Notez que l’on y parle du film mais également du livre éponyme dont il est adapté, écrit par James Lee Burke. Et Burke, c’est bon. Ca ne redonnera pas la pêche à François, sept ans, mais c’est bon.

Alfred

mai 4th, 2009

C’est marrant, François fait des photos pas droites.

mai 4th, 2009

François est mort, tout ceci ne l’atteint plus.

Benito von Abdaloff

mai 4th, 2009

François aurait mieux fait de rappeler que Raoul Abdaloff, lorsqu’il parle de cinéma, ne dit que des conneries.
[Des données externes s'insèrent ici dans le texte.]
//! A page of lines.
ghost use Rattle.std.specs.Prelude.{◌≡◌, ◌∷◌, ◌++◌, [], map, IfOk, OnOk, OnErr, IsTrue};
ghost use Rattle.std.specs.List.{list_all};
ghost use Rattle.omega_model.specs.ReportForms.{in_format};
ghost use Rattle.omega_report.specs.Details.{lines_told};
ghost use Rattle.omega_report.specs.JsonOfText.{in_wide_format};
ghost use Rattle.omega_report.specs.Pages.{added_bytes};
ghost use Rattle.omega_report.specs.Spelling.{fits, is_no_time, is_plain_line, word_of};
ghost use Rattle.omega_sim.specs.TimeLines.{lines_of_totals};

use crate::details::{TimeDetails, push_details};
use crate::items::{end, push_item, push_totals};
use crate::line_words::Word;
use omega_model::{Bytes, Format, NoMemory, Seq};
use omega_sim::TimeTotals;
use std::alloc::Global;
use std::marker::Model;

/// The lines of a report that is under way, in one format.
///
/// A contract sees the format and the list of the lines. What is held is their bytes alone. Each call
/// that appends costs the bytes of its lines. Where it answers `NoMemory`, the page has those of its
/// lines for which there was memory, each as a whole.
#[derive(Drop)]
pub struct Page {
    format: Format,
    bytes: Vec<u8>,
    // The bytes of the line that is appended, so that it is added as a whole or not at all.
    line: Vec<u8>,
}

impl Model for Page {
    ghost use Rattle.omega_report.specs.Pages.{IsPage, PageState};
    ghost use Rattle.omega_report.specs.Readings.{lines_read};

    ghost Value = { PageState };

    ghost view = { λ p. record { format = p.format; lines = lines_read p.bytes.items } };

    ghost invariant = { λ p. IsPage p.format p.bytes.items };
}

impl Page {
    /// A page without a line.
    pub fn new(alloc: Global, format: Format) -> Page
        ensures format { result.format ≡ format }
        ensures lines { result.lines ≡ [] }
    {
        Page {
            format,
            bytes: Vec::new(alloc),
            line: Vec::new(alloc),
        }
    }

    /// Appends the line of these words, of which there is at least one and none is a time. Where memory runs
    /// out the page stays as it was.
    pub fn append(&mut self, words: &[Word]) -> Result<(), NoMemory>
        requires plain { IsTrue (is_plain_line (map word_of words.now)) }
        requires no_time { IsTrue (list_all is_no_time words.now) }
        ensures format { self.new.format ≡ self.old.format }
        ensures ok { OnOk result (self.new.lines ≡ self.old.lines ++ map word_of words.now ∷ []) }
        ensures err { OnErr result (self.new.lines ≡ self.old.lines) }
    {
        let is_first = self.bytes.as_slice().is_empty();
        write_item(self.format, is_first, &mut self.line, words)?;
        self.bytes.extend_from_slice(self.line.as_slice())?;
        Ok(())
    }

    /// The bytes of all lines in the page's format. As text it takes no memory, as JSON that of what
    /// ends the array.
    pub fn finish(self) -> Result<Bytes, NoMemory>
        ensures { IfOk result (λ bytes. bytes ≡ in_format self.format self.lines) }
    {
        let mut bytes = self.bytes;
        end(self.format, &mut bytes)?;
        Ok(Seq::of(bytes))
    }

    /// The bytes of all lines in the page's format, and behind them of those of these totals and of the times,
    /// where these are told. A time of more than 64 bits is a string in JSON.
    pub fn finish_with(
        self,
        totals: &[TimeTotals],
        details: Option<TimeDetails>,
    ) -> Result<Bytes, NoMemory>
        ensures { IfOk result (λ bytes. bytes ≡ in_wide_format self.format (self.lines ++ lines_of_totals totals.now ++ lines_told details.entry)) }
    {
        let mut bytes = self.bytes;
        push_totals(self.format, &mut bytes, totals)?;
        push_details(self.format, &mut bytes, details)?;
        end(self.format, &mut bytes)?;
        Ok(Seq::of(bytes))
    }
}

/// The bytes that a line adds to a page.
fn write_item(
    format: Format,
    is_first: bool,
    out: &mut Vec<u8>,
    words: &[Word],
) -> Result<(), NoMemory>
    ensures bytes { OnOk result (out.new.items ≡ added_bytes format is_first (map word_of words.now)) }
    ensures numbers { OnOk result (IsTrue (list_all fits words.now)) }
{
    out.clear();
    push_item(format, is_first, out, words)
}
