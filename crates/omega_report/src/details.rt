//! The lines of the times of commits and of jobs' first ones.
ghost use Rattle.std.specs.Prelude.{◌≡◌, ◌∷◌, ◌++◌, [], List, map, OnOk};
ghost use Rattle.omega_model.specs.Report.{Line};
ghost use Rattle.omega_report.specs.Details.{lines_told};
ghost use Rattle.omega_report.specs.Pages.{open_form};
ghost use Rattle.omega_sim.specs.TimeDetails.{commit_time_line, commit_time_lines, first_commit_line};

use crate::items::push_behind;
use crate::line_words::Word::{Name, Number, Time};
use omega_model::{Format, NoMemory};
use omega_sim::{FirstCommit, Timed};

/// What a report may tell of the times of a simulated run beside what they add up to: those of each commit,
/// and of each job's first one.
#[derive(Clone, Copy)]
pub struct TimeDetails<'a> {
    /// The commits in order.
    pub times: &'a [Timed],
    /// Of each job with a commit the first one, in order of these commits.
    pub firsts: &'a [FirstCommit],
}

/// Appends the lines of the times, if they are told, behind others: that of each commit, numbered from 0,
/// and then that of each job.
pub fn push_details(
    format: Format,
    bytes: &mut Vec<u8>,
    details: Option<TimeDetails>,
) -> Result<(), NoMemory>
    ensures { OnOk result ((lines : List Line) → bytes.old.items ≡ open_form format lines
        → bytes.new.items ≡ open_form format (lines ++ lines_told details.entry)) }
{
    let Some(details) = details else {
        return Ok(());
    };
    push_times(format, bytes, details.times)?;
    push_firsts(format, bytes, details.firsts)
}

/// Appends the line of each commit.
fn push_times(format: Format, bytes: &mut Vec<u8>, times: &[Timed]) -> Result<(), NoMemory>
    ensures { OnOk result ((lines : List Line) → bytes.old.items ≡ open_form format lines
        → bytes.new.items ≡ open_form format (lines ++ commit_time_lines times.now)) }
{
    for (number, timed) in times.iter().enumerate() {
        push_time(format, bytes, number as u64, timed)?;
    }
    Ok(())
}

/// Appends the line of a commit with its number.
fn push_time(
    format: Format,
    bytes: &mut Vec<u8>,
    number: u64,
    timed: &Timed,
) -> Result<(), NoMemory>
    ensures { OnOk result ((lines : List Line) → bytes.old.items ≡ open_form format lines
        → bytes.new.items ≡ open_form format (lines ++ commit_time_line (number, timed.now) ∷ [])) }
{
    let words = [
        Name("time"),
        Number(number),
        Number(u64::from(timed.scheduler)),
        Time(timed.sync),
        Time(timed.time),
    ];
    push_behind(format, bytes, &words)
}

/// Appends the line of each job.
fn push_firsts(format: Format, bytes: &mut Vec<u8>, firsts: &[FirstCommit]) -> Result<(), NoMemory>
    ensures { OnOk result ((lines : List Line) → bytes.old.items ≡ open_form format lines
        → bytes.new.items ≡ open_form format (lines ++ map first_commit_line firsts.now)) }
{
    for first in firsts {
        push_first(format, bytes, first)?;
    }
    Ok(())
}

/// Appends the line of a job by its first commit.
fn push_first(format: Format, bytes: &mut Vec<u8>, first: &FirstCommit) -> Result<(), NoMemory>
    ensures { OnOk result ((lines : List Line) → bytes.old.items ≡ open_form format lines
        → bytes.new.items ≡ open_form format (lines ++ first_commit_line first.now ∷ [])) }
{
    let words = [
        Name("first"),
        Number(first.job),
        Number(u64::from(first.scheduler)),
        Time(first.arrived),
        Time(first.sync),
    ];
    push_behind(format, bytes, &words)
}
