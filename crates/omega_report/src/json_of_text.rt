//! The JSON of lines that stand as text.
ghost use Rattle.std.specs.Prelude.{◌≡◌, ◌++◌, [], ℕ, List, true, IfOk, OnOk};
ghost use Rattle.omega_model.specs.Report.{Line};
ghost use Rattle.omega_model.specs.declared.settings.Format.{Format};
ghost use Rattle.omega_model.specs.ReportForms.{are_plain, text_of};
ghost use Rattle.omega_report.specs.JsonOfText.{are_words, in_wide_format, json_of_words, text_of_words};
ghost use Rattle.omega_report.specs.declared.json_of_text.Position.TheVariants.{Beginning};
ghost use Rattle.omega_report.specs.Writing.{after_byte, ending, lead, with_word};

use crate::json_word::push_json_word;
use omega_model::{Bytes, NoMemory, Seq};
use std::alloc::Global;
use std::marker::Model;

/// The JSON of lines that are given as text: one array with an item for each line, and a line feed. An
/// item is the array of the line's words, a number as a number where 64 bits hold it, and any other word
/// as a string.
///
/// Each line of the text ends with a line feed and has words of small letters, digits and dashes, parted by
/// one space. A word of digits alone is a number, and has no zero in front unless it is 0. Costs the text.
pub fn json_of(alloc: Global, text: &[u8]) -> Result<Bytes, NoMemory>
    ensures words { (lines : List (List (List ℕ))) → are_words lines ≡ true → text.now ≡ text_of_words lines
        → IfOk result (λ json. json ≡ json_of_words lines) }
    ensures lines { (lines : List Line) → are_plain lines ≡ true → text.now ≡ text_of lines
        → IfOk result (λ json. json ≡ in_wide_format Format.Json lines) }
{
    let mut writing = Writing::new(alloc);
    for byte in text {
        writing.read(*byte)?;
    }
    writing.finish()
}

/// Where a word stands: at the beginning of the text, first in a further line, or behind others of its line.
#[derive(Clone, Copy, Debug)]
pub enum Position {
    Beginning,
    NewLine,
    SameLine,
}

/// A text that is read byte by byte: the JSON of its words so far, the word under way, and where that
/// stands.
#[derive(Drop)]
struct Writing {
    json: Vec<u8>,
    word: Vec<u8>,
    position: Position,
}

impl Model for Writing {
    ghost use Rattle.omega_report.specs.Writing.{WritingState};

    ghost Value = { WritingState };

    ghost view = { λ w. record { json = w.json.items; word = w.word.items; position = w.position } };
}

impl Writing {
    /// Nothing is read yet.
    fn new(alloc: Global) -> Writing
        ensures { result ≡ record { json = []; word = []; position = Beginning } }
    {
        Writing {
            json: Vec::new(alloc),
            word: Vec::new(alloc),
            position: Position::Beginning,
        }
    }

    /// Reads the next byte.
    fn read(&mut self, byte: u8) -> Result<(), NoMemory>
        ensures { OnOk result (self.new ≡ after_byte self.old byte) }
    {
        match byte {
            b' ' => {
                self.end_word()?;
                self.position = Position::SameLine;
            }
            b'\n' => {
                self.end_word()?;
                self.json.push(b']')?;
                self.position = Position::NewLine;
            }
            _ => self.word.push(byte)?,
        }
        Ok(())
    }

    /// Writes the word under way.
    fn end_word(&mut self) -> Result<(), NoMemory>
        ensures { OnOk result (self.new ≡ record { json = with_word self.old; word = []; position = self.old.position }) }
    {
        self.json.extend_from_slice(lead(self.position))?;
        push_json_word(&mut self.json, self.word.as_slice())?;
        self.word.clear();
        Ok(())
    }

    /// The JSON with the end of its array.
    fn finish(self) -> Result<Bytes, NoMemory>
        ensures { IfOk result (λ json. json ≡ self.json ++ ending self.position) }
    {
        let mut json = self.json;
        json.extend_from_slice(ending(self.position))?;
        Ok(Seq::of(json))
    }
}

/// What stands before a word.
fn lead(position: Position) -> &'static [u8]
    ensures { result.now ≡ lead position }
{
    match position {
        Position::Beginning => b"[[",
        Position::NewLine => b",[",
        Position::SameLine => b",",
    }
}

/// What ends the array of lines; where no word was read, it is opened first.
fn ending(position: Position) -> &'static [u8]
    ensures { result.now ≡ ending position }
{
    match position {
        Position::Beginning => b"[]\n",
        Position::NewLine | Position::SameLine => b"]\n",
    }
}
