//! The report of a history.
ghost use Rattle.std.specs.Prelude.{◌≡◌, ◌++◌, ◌<◌, ◌≤◌, ◌^◌, List, IfOk, OnOk, count_by, length, nat_le};
ghost use Rattle.omega_cell.specs.Effects.{AreEffects, usage_in};
ghost use Rattle.omega_desk.specs.Counts.{count_of};
ghost use Rattle.omega_feed.specs.Left.{AreLeft};
ghost use Rattle.omega_model.specs.Lawful.{begins_round};
ghost use Rattle.omega_model.specs.Policy.{schedulers};
ghost use Rattle.omega_model.specs.Report.{Line};
ghost use Rattle.omega_model.specs.ReportForms.{in_format};
ghost use Rattle.omega_model.specs.ReportLines.{final_lines, lines_where};
ghost use Rattle.omega_model.specs.State.{state};
ghost use Rattle.omega_model.specs.Wanted.{WantedTask};
ghost use Rattle.omega_model.specs.declared.entries.Entry.{Entry};
ghost use Rattle.omega_model.specs.declared.rows.TraceTables.{TraceTables};
ghost use Rattle.omega_model.specs.declared.settings.Format.{Format as Form};
ghost use Rattle.omega_report.specs.Begun.{BeginsRoundsOf};
ghost use Rattle.omega_report.specs.Details.{lines_told};
ghost use Rattle.omega_report.specs.JsonOfText.{in_wide_format};
ghost use Rattle.omega_report.specs.Walking.{lines_of_all, IsAfter};
ghost use Rattle.omega_sim.specs.TimeLines.{lines_of_totals};

use crate::counts::Counts;
use crate::details::TimeDetails;
use crate::page::Page;
use crate::walk::{Walk, walked};
use omega_cell::{Effects, Usage};
use omega_desk::Failures;
use omega_feed::WaitingTasks;
use omega_model::{Bytes, Entry, NoMemory, Settings};
use omega_sim::TimeTotals;
use std::alloc::Global;

/// The bytes of the report of a history in the format of the settings: the lines of its entries, each on the
/// state of those before it, what is used at the end of each round, and what the history comes to. For
/// `generate` there is only the first line and what the history comes to.
///
/// `effects` are those of the history, and there are at most 30 batch schedulers. The bytes are the
/// report for each trace that has as many rounds under these settings as the history begins, and for all
/// tasks that may be wanted at the history's end, if `left` is what waits of them.
///
/// Costs the entries and the lines. No line costs the machines or the tasks that run.
pub fn report(
    alloc: Global,
    settings: &Settings,
    history: &[Entry],
    effects: &Effects,
    left: &WaitingTasks,
) -> Result<Bytes, NoMemory>
    requires batch { settings.now.batch ≤ 30 }
    requires effects { AreEffects history.now effects.now }
    ensures { IfOk result (λ bytes. (trace : TraceTables) (tasks : List WantedTask)
        → BeginsRoundsOf settings.now trace history.now → AreLeft tasks (state history.now) left.now
        → bytes ≡ in_format settings.now.format (lines_where settings.now trace tasks history.now)) }
{
    whole_page(alloc, settings, history, effects, left)?.finish()
}

/// The same bytes with those of the lines of these totals behind them, as the report of a simulated run has
/// them, and then those of the lines of the times, where these are to be told. A time of more than 64 bits is
/// a string in JSON.
///
/// Costs the lines of the times beside what `report` costs.
pub fn timed_report(
    alloc: Global,
    settings: &Settings,
    history: &[Entry],
    effects: &Effects,
    left: &WaitingTasks,
    totals: &[TimeTotals],
    details: Option<TimeDetails>,
) -> Result<Bytes, NoMemory>
    requires batch { settings.now.batch ≤ 30 }
    requires effects { AreEffects history.now effects.now }
    ensures { IfOk result (λ bytes. (trace : TraceTables) (tasks : List WantedTask)
        → BeginsRoundsOf settings.now trace history.now → AreLeft tasks (state history.now) left.now
        → bytes ≡ in_wide_format settings.now.format
        (lines_where settings.now trace tasks history.now ++ lines_of_totals totals.now ++ lines_told details.entry)) }
{
    whole_page(alloc, settings, history, effects, left)?.finish_with(totals, details)
}

/// The page with all lines of the report of a history.
fn whole_page(
    alloc: Global,
    settings: &Settings,
    history: &[Entry],
    effects: &Effects,
    left: &WaitingTasks,
) -> Result<Page, NoMemory>
    requires batch { settings.now.batch ≤ 30 }
    requires effects { AreEffects history.now effects.now }
    ensures { IfOk result (λ page. (trace : TraceTables) (tasks : List WantedTask)
        → BeginsRoundsOf settings.now trace history.now → AreLeft tasks (state history.now) left.now
        → (page.format ≡ settings.now.format) × (page.lines ≡ lines_where settings.now trace tasks history.now)) }
{
    let mut page = Page::new(alloc, settings.format);
    page.first()?;
    let walk = walked(alloc, settings, page, history, effects)?;
    summed_up(settings, history, effects.last, left, walk)
}

/// The page of a walk over a history, with what it comes to, where `last` is the usage at its end.
fn summed_up(
    settings: &Settings,
    history: &[Entry],
    last: Usage,
    left: &WaitingTasks,
    walk: Walk,
) -> Result<Page, NoMemory>
    requires batch { settings.now.batch ≤ 30 }
    requires last { last ≡ usage_in (state history.now) }
    requires counted { length walk.tally ≡ schedulers settings.now }
    ensures { IfOk result (λ page. (trace : TraceTables) (tasks : List WantedTask) (format : Form) (lines : List Line)
        → BeginsRoundsOf settings.now trace history.now → AreLeft tasks (state history.now) left.now
        → IsAfter (schedulers settings.now) format lines history.now walk
        → (page.format ≡ format) × (page.lines ≡ lines ++ final_lines settings.now trace tasks history.now)) }
{
    let abandoned = count_given_up(left.jobs.as_slice(), settings.give_up, &walk.failures);
    let Walk {
        mut page,
        tally,
        ..
    } = walk;
    page.sizes(history.len() as u64, count_rounds(history))?;
    push_counts(&mut page, tally.counts())?;
    page.usage(last.used, last.capacity)?;
    page.unplaced(left.tasks, abandoned)?;
    Ok(page)
}

/// How many rounds a history begins.
fn count_rounds(history: &[Entry]) -> u64
    ensures { result ≡ count_by begins_round history.now }
{
    history.iter().filter(|entry| begins_round(entry)).count() as u64
}

fn begins_round(entry: &Entry) -> bool
    ensures { result ≡ begins_round entry.now }
{
    matches!(entry, Entry::Round { .. })
}

/// Appends the line of each scheduler with its counts.
fn push_counts(page: &mut Page, counts: &[Counts]) -> Result<(), NoMemory>
    requires { length counts.now < 2 ^ 32 }
    ensures format { OnOk result (page.new.format ≡ page.old.format) }
    ensures lines { OnOk result (page.new.lines ≡ page.old.lines ++ lines_of_all counts.now) }
{
    for (scheduler, of_one) in counts.iter().enumerate() {
        page.counts(scheduler as u32, of_one)?;
    }
    Ok(())
}

/// How many of these jobs are given up: `give_up` or more commits in a row placed nothing of them.
fn count_given_up(jobs: &[u64], give_up: u32, failures: &Failures) -> u64
    ensures { result ≡ count_by (λ job. nat_le give_up (count_of failures.now job)) jobs.now }
{
    let limit = u64::from(give_up);
    jobs.iter()
        .filter(|job| limit <= failures.of(**job))
        .count() as u64
}
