//! How a line is written in a format.
ghost use Rattle.std.specs.Prelude.{◌≡◌, ◌++◌, map, IsTrue, OnOk};
ghost use Rattle.std.specs.List.{join_with_byte, list_all};
ghost use Rattle.omega_report.specs.Forms.{closing, gap, line_form, more_form, opening, text_form, word_form};
ghost use Rattle.omega_report.specs.Spelling.{fits, word_of};

use crate::json_word::push_json_word;
use crate::line_words::Word;
use omega_model::{Format, NoMemory};

/// Appends the line of these words: as text with one space between two of them and a line feed, as JSON the
/// array of the words.
pub fn push_line(format: Format, out: &mut Vec<u8>, words: &[Word]) -> Result<(), NoMemory>
    ensures bytes { OnOk result (out.new.items ≡ out.old.items ++ line_form format (map word_of words.now)) }
    ensures numbers { OnOk result (IsTrue (list_all fits words.now)) }
{
    out.extend_from_slice(opening(format))?;
    push_words(format, out, words)?;
    out.extend_from_slice(closing(format))?;
    Ok(())
}

/// What begins a line.
fn opening(format: Format) -> &'static [u8]
    ensures { result.now ≡ opening format }
{
    match format {
        Format::Text => b"",
        Format::Json => b"[",
    }
}

/// What ends a line.
fn closing(format: Format) -> &'static [u8]
    ensures { result.now ≡ closing format }
{
    match format {
        Format::Text => b"\n",
        Format::Json => b"]",
    }
}

/// What stands between two words.
fn gap(format: Format) -> u8
    ensures { result ≡ gap format }
{
    match format {
        Format::Text => b' ',
        Format::Json => b',',
    }
}

/// The words with what stands between two of them.
fn push_words(format: Format, out: &mut Vec<u8>, words: &[Word]) -> Result<(), NoMemory>
    ensures bytes { OnOk result (out.new.items ≡ out.old.items ++ join_with_byte (gap format) (map (word_form format) (map word_of words.now))) }
    ensures numbers { OnOk result (IsTrue (list_all fits words.now)) }
{
    match words.split_first() {
        None => Ok(()),
        Some((first, more)) => {
            push_word(format, out, *first)?;
            push_more(format, out, more)?;
            Ok(())
        }
    }
}

/// Some words, each behind what stands between two.
fn push_more(format: Format, out: &mut Vec<u8>, words: &[Word]) -> Result<(), NoMemory>
    ensures bytes { OnOk result (out.new.items ≡ out.old.items ++ more_form format (map word_of words.now)) }
    ensures numbers { OnOk result (IsTrue (list_all fits words.now)) }
{
    for word in words {
        out.push(gap(format))?;
        push_word(format, out, *word)?;
    }
    Ok(())
}

/// A word.
fn push_word(format: Format, out: &mut Vec<u8>, word: Word) -> Result<(), NoMemory>
    ensures bytes { OnOk result (out.new.items ≡ out.old.items ++ word_form format (word_of word)) }
    ensures numbers { OnOk result (IsTrue (fits word)) }
{
    match word {
        Word::Name(name) => push_text(format, out, name.as_bytes()),
        Word::Number(number) => {
            let mut buffer = itoa::Buffer::new();
            push_text(format, out, buffer.format(number).as_bytes())
        }
        Word::Time(time) => {
            let mut buffer = itoa::Buffer::new();
            push_text(format, out, buffer.format(time).as_bytes())
        }
    }
}

/// A word by its text.
fn push_text(format: Format, out: &mut Vec<u8>, text: &[u8]) -> Result<(), NoMemory>
    ensures { OnOk result (out.new.items ≡ out.old.items ++ text_form format text.now) }
{
    match format {
        Format::Text => {
            out.extend_from_slice(text)?;
            Ok(())
        }
        Format::Json => push_json_word(out, text),
    }
}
C’est sûrement parce qu’il avait bu (j’ai des preuves).

mai 4th, 2009

C’est faux. Nous ne sommes pas mis d’accord – préalablement – sur le sens du mot « adaptation, », c’est tout.
Démocrate de merde.

mai 4th, 2009

La définition de « adaptation » par Raoul est très simple : c’est ce qui est adapté, mais mal. Du coup l’adaptation c’est mal. On ne dira pas qu’il manque de cohérence.

Bill A.

mai 5th, 2009

Le jeu de mot de Raoul m’a fait rire, j’en ai honte.

un auditeur, un vrai...

mai 5th, 2009

Raoul a raison. Une adaptation cinématographique, c’est le mal. Puisse dieu avoir pitié de vôtre âme.

tractopelle

mai 6th, 2009

Dans adaptation, il y a adapté.

un auditeur, un vrai...

mai 7th, 2009

mais dans la réalité, ce n’est pas adapté ! c’est MAL adapté ! Le mal est donc inhérent au cinéma, c’est pour cela qu’on peut se permettre de dire juste « une adaptation ».